> **Work required**
Look for "impl" in the material below and show each line that contains it.

------ Data

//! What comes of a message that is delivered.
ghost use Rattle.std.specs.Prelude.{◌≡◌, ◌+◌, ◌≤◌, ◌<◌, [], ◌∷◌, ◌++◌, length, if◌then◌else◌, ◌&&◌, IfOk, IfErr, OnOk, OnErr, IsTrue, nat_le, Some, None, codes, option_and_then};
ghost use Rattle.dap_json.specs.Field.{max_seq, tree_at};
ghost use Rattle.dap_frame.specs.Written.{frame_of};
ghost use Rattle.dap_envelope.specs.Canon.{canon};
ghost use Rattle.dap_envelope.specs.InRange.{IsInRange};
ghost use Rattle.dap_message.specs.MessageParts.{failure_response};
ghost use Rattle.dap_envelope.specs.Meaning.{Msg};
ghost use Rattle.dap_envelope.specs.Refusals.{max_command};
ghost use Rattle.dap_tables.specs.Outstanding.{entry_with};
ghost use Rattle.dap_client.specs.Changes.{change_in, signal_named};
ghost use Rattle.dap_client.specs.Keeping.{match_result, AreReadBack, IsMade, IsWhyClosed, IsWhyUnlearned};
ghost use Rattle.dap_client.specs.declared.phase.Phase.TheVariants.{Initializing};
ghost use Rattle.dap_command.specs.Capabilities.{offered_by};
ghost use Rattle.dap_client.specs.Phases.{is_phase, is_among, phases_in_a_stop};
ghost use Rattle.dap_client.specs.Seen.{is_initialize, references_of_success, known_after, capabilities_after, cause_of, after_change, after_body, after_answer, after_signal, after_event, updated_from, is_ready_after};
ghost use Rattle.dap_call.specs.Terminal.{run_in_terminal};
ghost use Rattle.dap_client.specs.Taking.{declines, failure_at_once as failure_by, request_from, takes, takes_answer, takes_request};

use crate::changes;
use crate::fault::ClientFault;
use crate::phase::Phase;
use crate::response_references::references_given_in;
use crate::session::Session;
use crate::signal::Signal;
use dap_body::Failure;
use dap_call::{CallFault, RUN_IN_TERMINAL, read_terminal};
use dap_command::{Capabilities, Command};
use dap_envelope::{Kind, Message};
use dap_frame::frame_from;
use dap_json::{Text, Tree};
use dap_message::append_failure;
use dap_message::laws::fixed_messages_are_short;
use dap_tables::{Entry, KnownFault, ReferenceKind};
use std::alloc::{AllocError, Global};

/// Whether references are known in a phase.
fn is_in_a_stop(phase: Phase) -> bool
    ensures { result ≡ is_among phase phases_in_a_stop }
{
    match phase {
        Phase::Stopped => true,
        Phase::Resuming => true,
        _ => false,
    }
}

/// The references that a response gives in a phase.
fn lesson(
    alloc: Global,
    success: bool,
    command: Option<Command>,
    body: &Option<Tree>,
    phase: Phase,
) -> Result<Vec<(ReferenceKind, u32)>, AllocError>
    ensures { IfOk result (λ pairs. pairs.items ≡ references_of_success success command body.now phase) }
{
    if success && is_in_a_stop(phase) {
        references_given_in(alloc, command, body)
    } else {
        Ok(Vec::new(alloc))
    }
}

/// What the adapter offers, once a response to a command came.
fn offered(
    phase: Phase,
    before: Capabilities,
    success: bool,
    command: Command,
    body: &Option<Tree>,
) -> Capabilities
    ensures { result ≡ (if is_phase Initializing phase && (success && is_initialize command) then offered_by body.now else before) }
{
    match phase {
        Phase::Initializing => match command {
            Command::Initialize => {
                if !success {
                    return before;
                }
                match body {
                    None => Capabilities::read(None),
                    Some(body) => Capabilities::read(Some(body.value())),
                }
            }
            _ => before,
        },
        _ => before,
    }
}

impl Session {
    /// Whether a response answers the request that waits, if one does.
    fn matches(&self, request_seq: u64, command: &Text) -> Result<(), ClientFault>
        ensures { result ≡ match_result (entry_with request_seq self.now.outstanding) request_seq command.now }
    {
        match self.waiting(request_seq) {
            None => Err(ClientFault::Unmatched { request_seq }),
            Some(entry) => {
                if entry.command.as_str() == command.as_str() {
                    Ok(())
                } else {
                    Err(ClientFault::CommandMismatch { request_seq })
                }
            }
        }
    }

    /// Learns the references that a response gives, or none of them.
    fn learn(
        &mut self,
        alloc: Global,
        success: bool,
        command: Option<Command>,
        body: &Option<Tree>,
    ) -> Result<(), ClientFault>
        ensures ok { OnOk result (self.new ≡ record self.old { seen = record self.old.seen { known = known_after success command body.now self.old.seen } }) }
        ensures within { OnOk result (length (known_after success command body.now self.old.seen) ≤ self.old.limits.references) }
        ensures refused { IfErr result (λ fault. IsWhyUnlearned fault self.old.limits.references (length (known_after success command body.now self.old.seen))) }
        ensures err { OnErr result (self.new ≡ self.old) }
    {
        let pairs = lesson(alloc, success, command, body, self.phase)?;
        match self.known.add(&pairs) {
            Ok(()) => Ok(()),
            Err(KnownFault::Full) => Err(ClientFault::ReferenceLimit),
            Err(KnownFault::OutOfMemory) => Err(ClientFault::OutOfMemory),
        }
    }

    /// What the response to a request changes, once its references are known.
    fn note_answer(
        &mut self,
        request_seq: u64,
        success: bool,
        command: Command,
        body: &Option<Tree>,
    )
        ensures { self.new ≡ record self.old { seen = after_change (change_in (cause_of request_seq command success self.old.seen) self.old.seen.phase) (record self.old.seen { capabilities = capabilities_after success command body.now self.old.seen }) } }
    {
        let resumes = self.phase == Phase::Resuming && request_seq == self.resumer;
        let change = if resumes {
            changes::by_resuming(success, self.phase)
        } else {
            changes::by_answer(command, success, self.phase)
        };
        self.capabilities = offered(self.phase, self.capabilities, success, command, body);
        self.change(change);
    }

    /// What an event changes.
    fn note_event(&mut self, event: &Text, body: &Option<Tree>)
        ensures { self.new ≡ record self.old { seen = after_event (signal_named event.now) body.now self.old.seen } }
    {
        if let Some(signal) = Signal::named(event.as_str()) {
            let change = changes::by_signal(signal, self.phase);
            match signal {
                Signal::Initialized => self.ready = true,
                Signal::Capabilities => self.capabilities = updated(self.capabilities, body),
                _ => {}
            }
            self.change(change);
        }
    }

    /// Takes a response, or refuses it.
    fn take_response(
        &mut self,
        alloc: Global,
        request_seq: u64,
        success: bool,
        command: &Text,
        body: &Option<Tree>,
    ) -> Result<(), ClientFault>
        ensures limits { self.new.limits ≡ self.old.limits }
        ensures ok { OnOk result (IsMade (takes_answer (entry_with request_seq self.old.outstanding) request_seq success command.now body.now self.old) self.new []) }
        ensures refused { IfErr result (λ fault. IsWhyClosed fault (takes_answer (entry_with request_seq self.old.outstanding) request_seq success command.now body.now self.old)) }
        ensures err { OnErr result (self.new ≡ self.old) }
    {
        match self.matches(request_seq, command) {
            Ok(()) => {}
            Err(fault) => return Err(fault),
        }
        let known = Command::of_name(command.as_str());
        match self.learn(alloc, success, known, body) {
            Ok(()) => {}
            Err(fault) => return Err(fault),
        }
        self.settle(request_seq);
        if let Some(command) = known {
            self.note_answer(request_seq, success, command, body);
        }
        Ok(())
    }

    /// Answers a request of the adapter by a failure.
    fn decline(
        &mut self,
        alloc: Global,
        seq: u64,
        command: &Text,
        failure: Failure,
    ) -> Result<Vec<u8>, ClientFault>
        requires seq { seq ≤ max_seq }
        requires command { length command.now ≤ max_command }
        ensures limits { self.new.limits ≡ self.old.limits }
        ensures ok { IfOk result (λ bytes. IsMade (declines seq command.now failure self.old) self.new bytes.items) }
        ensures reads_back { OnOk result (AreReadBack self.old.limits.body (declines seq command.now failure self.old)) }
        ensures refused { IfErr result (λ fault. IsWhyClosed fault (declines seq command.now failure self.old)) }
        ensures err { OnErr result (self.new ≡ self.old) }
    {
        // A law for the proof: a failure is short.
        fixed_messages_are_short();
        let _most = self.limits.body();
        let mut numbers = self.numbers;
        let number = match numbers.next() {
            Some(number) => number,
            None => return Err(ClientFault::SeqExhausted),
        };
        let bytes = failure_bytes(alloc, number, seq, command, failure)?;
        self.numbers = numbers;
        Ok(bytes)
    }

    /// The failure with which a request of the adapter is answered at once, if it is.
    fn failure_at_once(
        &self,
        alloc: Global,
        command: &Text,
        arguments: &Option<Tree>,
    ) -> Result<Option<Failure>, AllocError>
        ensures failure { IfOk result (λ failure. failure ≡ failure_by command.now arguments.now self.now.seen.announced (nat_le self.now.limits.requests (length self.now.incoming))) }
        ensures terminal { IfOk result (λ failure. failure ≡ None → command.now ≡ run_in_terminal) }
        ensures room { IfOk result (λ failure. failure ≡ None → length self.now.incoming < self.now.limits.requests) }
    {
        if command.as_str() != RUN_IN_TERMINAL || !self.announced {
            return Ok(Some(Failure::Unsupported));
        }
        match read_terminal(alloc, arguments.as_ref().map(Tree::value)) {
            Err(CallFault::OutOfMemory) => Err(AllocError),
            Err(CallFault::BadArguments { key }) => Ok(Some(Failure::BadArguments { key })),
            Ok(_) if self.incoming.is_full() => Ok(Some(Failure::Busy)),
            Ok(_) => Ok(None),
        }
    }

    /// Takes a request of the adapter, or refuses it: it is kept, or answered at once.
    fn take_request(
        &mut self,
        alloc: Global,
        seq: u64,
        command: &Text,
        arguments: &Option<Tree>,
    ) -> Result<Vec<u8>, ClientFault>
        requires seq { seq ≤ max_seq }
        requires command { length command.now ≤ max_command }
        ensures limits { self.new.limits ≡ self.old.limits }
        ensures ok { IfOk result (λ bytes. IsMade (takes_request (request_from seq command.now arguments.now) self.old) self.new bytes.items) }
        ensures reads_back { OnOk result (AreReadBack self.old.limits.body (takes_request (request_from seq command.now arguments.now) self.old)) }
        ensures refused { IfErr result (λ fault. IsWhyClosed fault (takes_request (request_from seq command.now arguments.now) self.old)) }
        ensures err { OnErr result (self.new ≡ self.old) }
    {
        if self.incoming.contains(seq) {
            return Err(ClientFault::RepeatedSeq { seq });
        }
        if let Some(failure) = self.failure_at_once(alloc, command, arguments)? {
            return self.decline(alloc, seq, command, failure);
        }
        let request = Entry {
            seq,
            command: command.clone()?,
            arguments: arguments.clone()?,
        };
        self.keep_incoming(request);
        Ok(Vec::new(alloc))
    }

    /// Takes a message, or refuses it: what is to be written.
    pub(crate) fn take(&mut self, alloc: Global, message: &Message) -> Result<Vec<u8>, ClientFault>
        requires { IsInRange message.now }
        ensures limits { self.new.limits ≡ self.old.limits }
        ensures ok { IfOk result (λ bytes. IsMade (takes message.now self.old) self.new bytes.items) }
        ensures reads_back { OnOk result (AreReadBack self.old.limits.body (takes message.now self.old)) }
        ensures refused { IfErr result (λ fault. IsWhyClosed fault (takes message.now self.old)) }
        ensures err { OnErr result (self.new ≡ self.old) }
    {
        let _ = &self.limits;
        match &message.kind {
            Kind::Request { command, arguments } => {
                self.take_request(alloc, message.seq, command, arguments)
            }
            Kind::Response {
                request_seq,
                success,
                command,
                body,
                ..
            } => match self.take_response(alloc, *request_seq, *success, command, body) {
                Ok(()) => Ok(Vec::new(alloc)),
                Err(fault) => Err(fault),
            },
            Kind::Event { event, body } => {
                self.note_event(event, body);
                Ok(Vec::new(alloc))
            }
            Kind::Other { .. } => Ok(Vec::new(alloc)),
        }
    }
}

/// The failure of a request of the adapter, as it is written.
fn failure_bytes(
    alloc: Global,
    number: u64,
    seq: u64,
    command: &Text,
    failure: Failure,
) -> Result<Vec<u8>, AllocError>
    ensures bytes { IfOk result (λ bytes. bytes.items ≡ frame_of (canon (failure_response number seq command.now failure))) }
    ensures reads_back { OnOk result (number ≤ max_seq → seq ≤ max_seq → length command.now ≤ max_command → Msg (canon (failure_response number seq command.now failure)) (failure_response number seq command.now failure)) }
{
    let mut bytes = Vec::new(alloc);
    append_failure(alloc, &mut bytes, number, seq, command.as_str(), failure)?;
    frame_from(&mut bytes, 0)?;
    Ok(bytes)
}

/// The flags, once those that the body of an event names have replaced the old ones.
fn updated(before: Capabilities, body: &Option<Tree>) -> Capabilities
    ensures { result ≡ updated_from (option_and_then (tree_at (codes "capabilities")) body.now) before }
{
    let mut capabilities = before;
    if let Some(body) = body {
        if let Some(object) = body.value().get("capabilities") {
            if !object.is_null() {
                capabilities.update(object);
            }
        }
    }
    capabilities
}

------------
------ Data

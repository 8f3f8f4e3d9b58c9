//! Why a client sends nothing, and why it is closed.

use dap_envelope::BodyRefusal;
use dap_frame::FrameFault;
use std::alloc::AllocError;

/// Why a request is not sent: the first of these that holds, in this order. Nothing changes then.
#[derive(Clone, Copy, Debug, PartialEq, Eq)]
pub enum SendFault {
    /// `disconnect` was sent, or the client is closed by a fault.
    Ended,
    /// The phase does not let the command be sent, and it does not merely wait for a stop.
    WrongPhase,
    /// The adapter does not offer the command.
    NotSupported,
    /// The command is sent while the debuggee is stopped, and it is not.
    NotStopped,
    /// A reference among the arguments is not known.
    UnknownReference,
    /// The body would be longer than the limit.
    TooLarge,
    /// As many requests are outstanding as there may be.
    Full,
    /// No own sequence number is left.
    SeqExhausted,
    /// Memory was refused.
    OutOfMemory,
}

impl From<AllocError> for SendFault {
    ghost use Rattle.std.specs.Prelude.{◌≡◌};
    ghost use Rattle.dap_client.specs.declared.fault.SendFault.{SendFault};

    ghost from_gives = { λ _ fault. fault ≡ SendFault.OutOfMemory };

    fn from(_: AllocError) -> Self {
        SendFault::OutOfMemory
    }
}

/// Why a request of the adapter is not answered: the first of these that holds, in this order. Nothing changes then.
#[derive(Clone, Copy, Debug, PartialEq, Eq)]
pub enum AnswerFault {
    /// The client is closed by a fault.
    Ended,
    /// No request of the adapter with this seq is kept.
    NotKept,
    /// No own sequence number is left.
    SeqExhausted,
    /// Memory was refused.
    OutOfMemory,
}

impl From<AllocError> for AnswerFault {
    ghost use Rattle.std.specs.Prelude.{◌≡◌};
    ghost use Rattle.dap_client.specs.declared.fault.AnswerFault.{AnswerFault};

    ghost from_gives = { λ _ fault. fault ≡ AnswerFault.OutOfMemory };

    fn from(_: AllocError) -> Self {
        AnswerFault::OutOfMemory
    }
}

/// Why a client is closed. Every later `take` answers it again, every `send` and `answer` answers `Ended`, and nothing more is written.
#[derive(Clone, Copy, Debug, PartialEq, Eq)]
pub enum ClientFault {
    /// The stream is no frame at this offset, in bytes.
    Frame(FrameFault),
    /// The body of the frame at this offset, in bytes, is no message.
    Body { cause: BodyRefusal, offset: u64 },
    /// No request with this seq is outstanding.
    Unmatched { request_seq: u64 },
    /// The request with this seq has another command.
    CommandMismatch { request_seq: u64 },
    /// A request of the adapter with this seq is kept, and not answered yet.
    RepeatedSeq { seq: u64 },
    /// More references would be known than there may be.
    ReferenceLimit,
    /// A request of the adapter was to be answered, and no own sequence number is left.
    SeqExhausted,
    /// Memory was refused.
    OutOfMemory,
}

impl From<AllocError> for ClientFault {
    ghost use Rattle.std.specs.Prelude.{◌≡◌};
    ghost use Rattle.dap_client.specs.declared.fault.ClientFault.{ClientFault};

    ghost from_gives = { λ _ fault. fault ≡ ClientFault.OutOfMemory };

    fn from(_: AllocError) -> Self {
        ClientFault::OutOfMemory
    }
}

------------

> **Response to the exercise**
impl Session {
impl From<AllocError> for SendFault {
impl From<AllocError> for AnswerFault {
impl From<AllocError> for ClientFault {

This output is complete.